__Task description__
Please copy every line of the material exactly.

----- Given records -----

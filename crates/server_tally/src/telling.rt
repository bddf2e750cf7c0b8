//! What a tally tells a monitoring system.

use crate::tally::Tally;
use server_metrics::{Health, MetricsReport, health_of, is_live, put_metrics};
use std::alloc::Global;
use std::sync::atomic::Ordering;
use std::time::Clock;
use values::NoMemory;

impl Tally {
    // The microseconds since the leader was last heard.
    fn silence<T: Clock>(&self, rt: &T) -> u64 {
        let heard = self.heard.load(Ordering::SeqCst);
        self.microseconds(rt).saturating_sub(heard)
    }

    /// The text of all metrics. `memory` is what the process has, in bytes, if that is known.
    pub fn metrics<T: Clock>(
        &self,
        rt: &T,
        alloc: Global,
        memory: Option<u64>,
    ) -> Result<Vec<u8>, NoMemory> {
        let report = MetricsReport {
            figures: self.figures(rt),
            transactions: self.transactions.load(Ordering::SeqCst),
            log: self.log.load(Ordering::SeqCst),
            silence: self.silence(rt),
            memory,
            answers: self.answers.times(alloc)?,
            turns: self.turns.times(alloc)?,
        };
        let mut text = Vec::new(alloc);
        put_metrics(&mut text, &report)?;
        Ok(text)
    }

    /// Whether the server is healthy, whose leader may be silent for so many milliseconds.
    pub fn health<T: Clock>(&self, rt: &T, limit: u64) -> Health {
        health_of(&self.figures(rt), self.silence(rt), limit)
    }

    /// Whether the engine made a turn in the last ten seconds.
    pub fn is_live<T: Clock>(&self, rt: &T) -> bool {
        let turned = self.turned.load(Ordering::SeqCst);
        is_live(self.microseconds(rt).saturating_sub(turned))
    }
}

-----

__Solution to the problem__
filename crates/server_tally/src/telling.rt
repository bddf2e750cf7c0b8
//! What a tally tells a monitoring system.

use crate::tally::Tally;
use server_metrics::{Health, MetricsReport, health_of, is_live, put_metrics};
use std::alloc::Global;
use std::sync::atomic::Ordering;
use std::time::Clock;
use values::NoMemory;

impl Tally {
    // The microseconds since the leader was last heard.
    fn silence<T: Clock>(&self, rt: &T) -> u64 {
        let heard = self.heard.load(Ordering::SeqCst);
        self.microseconds(rt).saturating_sub(heard)
    }

    /// The text of all metrics. `memory` is what the process has, in bytes, if that is known.
    pub fn metrics<T: Clock>(
        &self,
        rt: &T,
        alloc: Global,
        memory: Option<u64>,
    ) -> Result<Vec<u8>, NoMemory> {
        let report = MetricsReport {
            figures: self.figures(rt),
            transactions: self.transactions.load(Ordering::SeqCst),
            log: self.log.load(Ordering::SeqCst),
            silence: self.silence(rt),
            memory,
            answers: self.answers.times(alloc)?,
            turns: self.turns.times(alloc)?,
        };
        let mut text = Vec::new(alloc);
        put_metrics(&mut text, &report)?;
        Ok(text)
    }

    /// Whether the server is healthy, whose leader may be silent for so many milliseconds.
    pub fn health<T: Clock>(&self, rt: &T, limit: u64) -> Health {
        health_of(&self.figures(rt), self.silence(rt), limit)
    }

    /// Whether the engine made a turn in the last ten seconds.
    pub fn is_live<T: Clock>(&self, rt: &T) -> bool {
        let turned = self.turned.load(Ordering::SeqCst);
        is_live(self.microseconds(rt).saturating_sub(turned))
    }
}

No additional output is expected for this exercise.